Saved entries
******

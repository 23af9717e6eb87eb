//! What goes through a specification by its parts, knows where it is, and keeps the earliest fault.
ghost use Rattle.std.specs.Prelude.{◌≡◌, [], ◌∷◌, None, Some, OnOk};
ghost use Rattle.spec_schema.specs.Order.{earlier as earlier_fault};
ghost use Rattle.spec_walk.specs.declared.places.Step.TheVariants as step;
ghost use Rattle.vl_trails.specs.Faults.{fault_at, fault_if};
ghost use Rattle.vl_trails.specs.Judging.{entered, left, after};
ghost use Rattle.vl_trails.specs.Trails.{to_item, to_member};

use crate::fault::Broken;
use crate::placing::placed_as;
use json_exact::Json;
use spec_schema::{Fault, SpecKind, earlier};
use spec_walk::Step;
use std::alloc::Global;
use text_kit::{OutOfMemory, Seq, Text};

/// Where one is in a specification, and the earliest fault so far.
pub struct Judging<'t> {
    /// The tree that says the specification.
    pub tree: &'t Json,
    /// The steps from the top to the part where one is.
    pub trail: Seq<Step>,
    /// The earliest fault so far.
    pub first: Option<Fault>,
}

impl Drop for Judging<'_> {
    fn drop(self) {
        let Judging {
            tree: _,
            trail: _,
            first: _,
        } = self;
    }
}

// Keeps the earlier of two faults.
fn keep_earlier(first: &mut Option<Fault>, fault: Fault)
    ensures { first.new ≡ earlier_fault first.old (Some fault) }
{
    *first = earlier(first.take(), Some(fault));
}

impl<'t> Judging<'t> {
    /// At the top of a tree, with no fault so far.
    pub fn new(alloc: Global, tree: &'t Json) -> Judging<'t>
        ensures tree { result.tree.now ≡ tree.now }
        ensures trail { result.trail ≡ [] }
        ensures first { result.first ≡ None }
    {
        Judging {
            tree,
            trail: Seq::new(alloc),
            first: None,
        }
    }

    /// One step further, to a member.
    pub fn enter(&mut self, alloc: Global, name: &str) -> Result<(), OutOfMemory>
        ensures { OnOk result (self.new ≡ entered self.old (step.Name name.now)) }
    {
        let name = Text::of(alloc, name)?;
        self.trail.push(Step::Name(name))
    }

    /// One step further, to an item.
    pub fn enter_item(&mut self, number: usize) -> Result<(), OutOfMemory>
        ensures { OnOk result (self.new ≡ entered self.old (step.Number number)) }
    {
        self.trail.push(Step::Number(number))
    }

    /// Back by one step.
    pub fn leave(&mut self)
        ensures { self.new ≡ left self.old }
    {
        let outer = self.trail.len().saturating_sub(1);
        self.trail.truncate(outer);
    }

    // Keeps a fault of the part where one is, if it is the earliest.
    fn keep(&mut self, alloc: Global, kind: SpecKind) -> Result<(), OutOfMemory>
        ensures { OnOk result (self.new ≡ after self.old (fault_at kind self.old.trail ∷ [])) }
    {
        let what = Broken::Value(kind);
        let fault = placed_as(alloc, self.tree, self.trail.as_slice(), &what)?;
        keep_earlier(&mut self.first, fault);
        Ok(())
    }

    /// The part where one is has a fault of this kind, where a test says so.
    #[tactic(auto, using(crate::proofs::WayLemmas::after_none))]
    pub fn judge(&mut self, alloc: Global, test: bool, kind: SpecKind) -> Result<(), OutOfMemory>
        ensures { OnOk result (self.new ≡ after self.old (fault_if test kind self.old.trail)) }
    {
        if test { self.keep(alloc, kind) } else { Ok(()) }
    }

    /// A member of the object where one is has a fault of this kind, where a test says so.
    #[tactic(auto, using(crate::proofs::WayLemmas::there_and_back))]
    pub fn judge_member(
        &mut self,
        alloc: Global,
        name: &str,
        test: bool,
        kind: SpecKind,
    ) -> Result<(), OutOfMemory>
        ensures { OnOk result (self.new ≡ after self.old (fault_if test kind (to_member self.old.trail name.now))) }
    {
        self.enter(alloc, name)?;
        self.judge(alloc, test, kind)?;
        self.leave();
        Ok(())
    }

    /// An item of the list where one is has a fault of this kind, where a test says so.
    #[tactic(auto, using(crate::proofs::WayLemmas::there_and_back))]
    pub fn judge_item(
        &mut self,
        alloc: Global,
        number: usize,
        test: bool,
        kind: SpecKind,
    ) -> Result<(), OutOfMemory>
        ensures { OnOk result (self.new ≡ after self.old (fault_if test kind (to_item self.old.trail number))) }
    {
        self.enter_item(number)?;
        self.judge(alloc, test, kind)?;
        self.leave();
        Ok(())
    }
}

******

Directions for this task:
All of the entries above should be written out verbatim.

Answer section:
repository 23af9717e6eb87eb
//! What goes through a specification by its parts, knows where it is, and keeps the earliest fault.
ghost use Rattle.std.specs.Prelude.{◌≡◌, [], ◌∷◌, None, Some, OnOk};
ghost use Rattle.spec_schema.specs.Order.{earlier as earlier_fault};
ghost use Rattle.spec_walk.specs.declared.places.Step.TheVariants as step;
ghost use Rattle.vl_trails.specs.Faults.{fault_at, fault_if};
ghost use Rattle.vl_trails.specs.Judging.{entered, left, after};
ghost use Rattle.vl_trails.specs.Trails.{to_item, to_member};

use crate::fault::Broken;
use crate::placing::placed_as;
use json_exact::Json;
use spec_schema::{Fault, SpecKind, earlier};
use spec_walk::Step;
use std::alloc::Global;
use text_kit::{OutOfMemory, Seq, Text};

/// Where one is in a specification, and the earliest fault so far.
pub struct Judging<'t> {
    /// The tree that says the specification.
    pub tree: &'t Json,
    /// The steps from the top to the part where one is.
    pub trail: Seq<Step>,
    /// The earliest fault so far.
    pub first: Option<Fault>,
}

impl Drop for Judging<'_> {
    fn drop(self) {
        let Judging {
            tree: _,
            trail: _,
            first: _,
        } = self;
    }
}

// Keeps the earlier of two faults.
fn keep_earlier(first: &mut Option<Fault>, fault: Fault)
    ensures { first.new ≡ earlier_fault first.old (Some fault) }
{
    *first = earlier(first.take(), Some(fault));
}

impl<'t> Judging<'t> {
    /// At the top of a tree, with no fault so far.
    pub fn new(alloc: Global, tree: &'t Json) -> Judging<'t>
        ensures tree { result.tree.now ≡ tree.now }
        ensures trail { result.trail ≡ [] }
        ensures first { result.first ≡ None }
    {
        Judging {
            tree,
            trail: Seq::new(alloc),
            first: None,
        }
    }

    /// One step further, to a member.
    pub fn enter(&mut self, alloc: Global, name: &str) -> Result<(), OutOfMemory>
        ensures { OnOk result (self.new ≡ entered self.old (step.Name name.now)) }
    {
        let name = Text::of(alloc, name)?;
        self.trail.push(Step::Name(name))
    }

    /// One step further, to an item.
    pub fn enter_item(&mut self, number: usize) -> Result<(), OutOfMemory>
        ensures { OnOk result (self.new ≡ entered self.old (step.Number number)) }
    {
        self.trail.push(Step::Number(number))
    }

    /// Back by one step.
    pub fn leave(&mut self)
        ensures { self.new ≡ left self.old }
    {
        let outer = self.trail.len().saturating_sub(1);
        self.trail.truncate(outer);
    }

    // Keeps a fault of the part where one is, if it is the earliest.
    fn keep(&mut self, alloc: Global, kind: SpecKind) -> Result<(), OutOfMemory>
        ensures { OnOk result (self.new ≡ after self.old (fault_at kind self.old.trail ∷ [])) }
    {
        let what = Broken::Value(kind);
        let fault = placed_as(alloc, self.tree, self.trail.as_slice(), &what)?;
        keep_earlier(&mut self.first, fault);
        Ok(())
    }

    /// The part where one is has a fault of this kind, where a test says so.
    #[tactic(auto, using(crate::proofs::WayLemmas::after_none))]
    pub fn judge(&mut self, alloc: Global, test: bool, kind: SpecKind) -> Result<(), OutOfMemory>
        ensures { OnOk result (self.new ≡ after self.old (fault_if test kind self.old.trail)) }
    {
        if test { self.keep(alloc, kind) } else { Ok(()) }
    }

    /// A member of the object where one is has a fault of this kind, where a test says so.
    #[tactic(auto, using(crate::proofs::WayLemmas::there_and_back))]
    pub fn judge_member(
        &mut self,
        alloc: Global,
        name: &str,
        test: bool,
        kind: SpecKind,
    ) -> Result<(), OutOfMemory>
        ensures { OnOk result (self.new ≡ after self.old (fault_if test kind (to_member self.old.trail name.now))) }
    {
        self.enter(alloc, name)?;
        self.judge(alloc, test, kind)?;
        self.leave();
        Ok(())
    }

    /// An item of the list where one is has a fault of this kind, where a test says so.
    #[tactic(auto, using(crate::proofs::WayLemmas::there_and_back))]
    pub fn judge_item(
        &mut self,
        alloc: Global,
        number: usize,
        test: bool,
        kind: SpecKind,
    ) -> Result<(), OutOfMemory>
        ensures { OnOk result (self.new ≡ after self.old (fault_if test kind (to_item self.old.trail number))) }
    {
        self.enter_item(number)?;
        self.judge(alloc, test, kind)?;
        self.leave();
        Ok(())
    }
}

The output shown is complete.